**Exercise brief**
Give the number of lines in the records that include the word "network", and nothing besides.

**Record excerpts**
ghost use Rattle.std.specs.Prelude.{◌≡◌, ◌≤◌, map, IfOk};
ghost use Rattle.std.specs.Option.{option_copied};
ghost use Rattle.net_base.specs.declared.field.FieldId.{FieldId};
ghost use Rattle.net_base.specs.AddressReading.{spelled_mac};
ghost use Rattle.conf_shape.specs.Addresses.{ip_in, net_in};
ghost use Rattle.conf_shape.specs.Keys.{seen_pair, seen_row, asked_of, match_keys_of};
ghost use Rattle.conf_shape.specs.Values.{mac_of, ip_of, net_of, identifier_of, prefix_of, tag_bit, number_field, mac_number, masked, mac_field, ip_field, text_field, field_of, spelled_at, raw_field, fields_by};

use crate::addresses::{ip_in, net_in, parse_ip4, parse_mac, parts_of, width_written};
use crate::keys::{key_text, spells};
use crate::kinds::Kind;
use crate::raw::{RawField, RawFields};
use crate::scalars::{ETHERNET_BITS, within};
use crate::tables::Row;
use conf_types::{Ip, Net};
use net_base::{Field, FieldId, Ip4, Items, Mac, Net4, NoMemory};
use std::alloc::Global;
use yaml_tree::{Pair, Tree};

/// The Ethernet address that a text spells.
pub fn mac_of(text: &str) -> Mac
    ensures { result ≡ mac_of text.now }
{
    match parse_mac(text) {
        Some(mac) => mac,
        None => Mac([0; 6]),
    }
}

/// The IP address that a text spells.
pub fn ip_of(text: &str) -> Ip
    ensures { result ≡ ip_of text.now }
{
    match ip_in(width_written(text), text) {
        Some(ip) => ip,
        None => Ip::V4(Ip4(0)),
    }
}

/// The network that a text spells.
pub fn net_of(text: &str) -> Net
    ensures { result ≡ net_of text.now }
{
    match net_in(width_written(text), text) {
        Some(net) => net,
        None => Net::V4(Net4 { ip: Ip4(0), len: 0 }),
    }
}

/// What a speaker of BGP is called: the IPv4 address that a text spells.
pub fn identifier_of(text: &str) -> Ip4
    ensures { result ≡ identifier_of text.now }
{
    match parse_ip4(text) {
        Some(ip) => Ip4(ip),
        None => Ip4(0),
    }
}

/// Of a VLAN, the bit that says that there is a tag (OpenFlow 1.3, 7.2.3.7).
fn tag_bit(id: FieldId) -> u64
    ensures value { result ≡ tag_bit id }
    ensures range { result ≤ 0x1000 }
{
    match id {
        FieldId::VlanVid => 0x1000,
        _ => 0,
    }
}

fn number_field(id: FieldId, n: u64) -> Field
    requires { n ≤ 0xffff }
    ensures { result ≡ number_field id n }
{
    Field::exact(id, u128::from(tag_bit(id) + n))
}

/// The number of the Ethernet address that a text spells.
fn mac_number(text: &str) -> Option<u128>
    ensures { result ≡ mac_number (spelled_mac text.now) }
{
    match parse_mac(text) {
        Some(mac) => Some(mac.value()),
        None => None,
    }
}

/// A field with a mask, which leaves the field out where it is zero.
fn masked(id: FieldId, value: Option<u128>, mask: Option<u128>) -> Option<Field>
    ensures { result ≡ masked id value mask }
{
    match (value, mask) {
        (Some(value), Some(mask)) if mask != 0 => Some(Field { id, value, mask }),
        _ => None,
    }
}

/// An address, or a value and a mask around a slash.
fn mac_field(id: FieldId, text: &str) -> Option<Field>
    ensures { result ≡ mac_field id text.now }
{
    match parts_of(text) {
        Some((value, mask)) => masked(id, mac_number(value), mac_number(mask)),
        None => match mac_number(text) {
            Some(value) => Some(Field::exact(id, value)),
            None => None,
        },
    }
}

/// The field of a network's prefix.
fn prefix_of(id: FieldId, net: Net) -> Field
    ensures { result ≡ prefix_of id net }
{
    match net {
        Net::V4(net) => Field::prefix(id, net),
        Net::V6(net) => Field::prefix6(id, net),
    }
}

/// An address, or a network, whose prefix leaves the field out where it has no bit.
fn ip_field(id: FieldId, width: usize, text: &str) -> Option<Field>
    ensures { result ≡ ip_field id (ip_in width text.now) (net_in width text.now) }
{
    if let Some(ip) = ip_in(width, text) {
        return Some(Field::exact(id, ip.value()));
    }
    match net_in(width, text) {
        Some(net) => {
            if net.len() == 0 {
                None
            } else {
                Some(prefix_of(id, net))
            }
        }
        None => None,
    }
}

fn text_field(id: FieldId, text: &str) -> Option<Field>
    ensures { result ≡ text_field id text.now }
{
    if id.bits() == ETHERNET_BITS {
        mac_field(id, text)
    } else {
        ip_field(id, id.bits(), text)
    }
}

/// The field that a value gives; `None` where it leaves all bits out.
fn field_of(id: FieldId, tree: &Tree) -> Option<Field>
    ensures { result ≡ field_of id tree.now }
{
    match tree {
        Tree::Int(n) => match within(0, 0xffff, *n) {
            Some(n) => Some(number_field(id, n)),
            None => None,
        },
        Tree::Text(text) => text_field(id, text.as_str()),
        _ => None,
    }
}

/// The entry of a field, in any of its spellings.
fn spelled_at<'a>(
    spellings: &[(&'static str, &'static str)],
    name: &str,
    pairs: &'a [Pair],
) -> Option<&'a Pair>
    ensures { option_copied result ≡ spelled_at (map seen_pair spellings.now) name.now pairs.now }
{
    for pair in pairs {
        if spells(spellings, name, &pair.key) {
            return Some(pair);
        }
    }
    None
}

/// A field under the key as it is spelled.
fn raw_field(alloc: Global, id: FieldId, given: Option<&Pair>) -> Result<Option<RawField>, NoMemory>
    ensures { IfOk result (λ made. made ≡ raw_field id (option_copied given.entry)) }
{
    let Some(pair) = given else {
        return Ok(None);
    };
    match field_of(id, &pair.value) {
        Some(field) => Ok(Some(RawField {
            key: key_text(alloc, &pair.key)?,
            field,
        })),
        None => Ok(None),
    }
}

/// The field that a kind of value asks for.
fn asked_of(kind: Kind) -> Option<FieldId>
    ensures { result ≡ asked_of kind }
{
    match kind {
        Kind::Asked { id } => Some(id),
        _ => None,
    }
}

/// The fields of a rule, in the order of its keys.
pub fn fields_of(
    alloc: Global,
    rows: &[Row],
    spellings: &[(&'static str, &'static str)],
    pairs: &[Pair],
) -> Result<RawFields, NoMemory>
    ensures { IfOk result (λ made. made ≡ fields_by (map seen_pair spellings.now) (match_keys_of (map seen_row rows.now)) pairs.now) }
{
    let mut fields = Items::new(alloc);
    for row in rows {
        let Some(id) = asked_of(row.kind) else {
            continue;
        };
        if let Some(field) = raw_field(alloc, id, spelled_at(spellings, row.key, pairs))? {
            fields.push(field)?;
        }
    }
    Ok(fields)
}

**Answer for the task**
3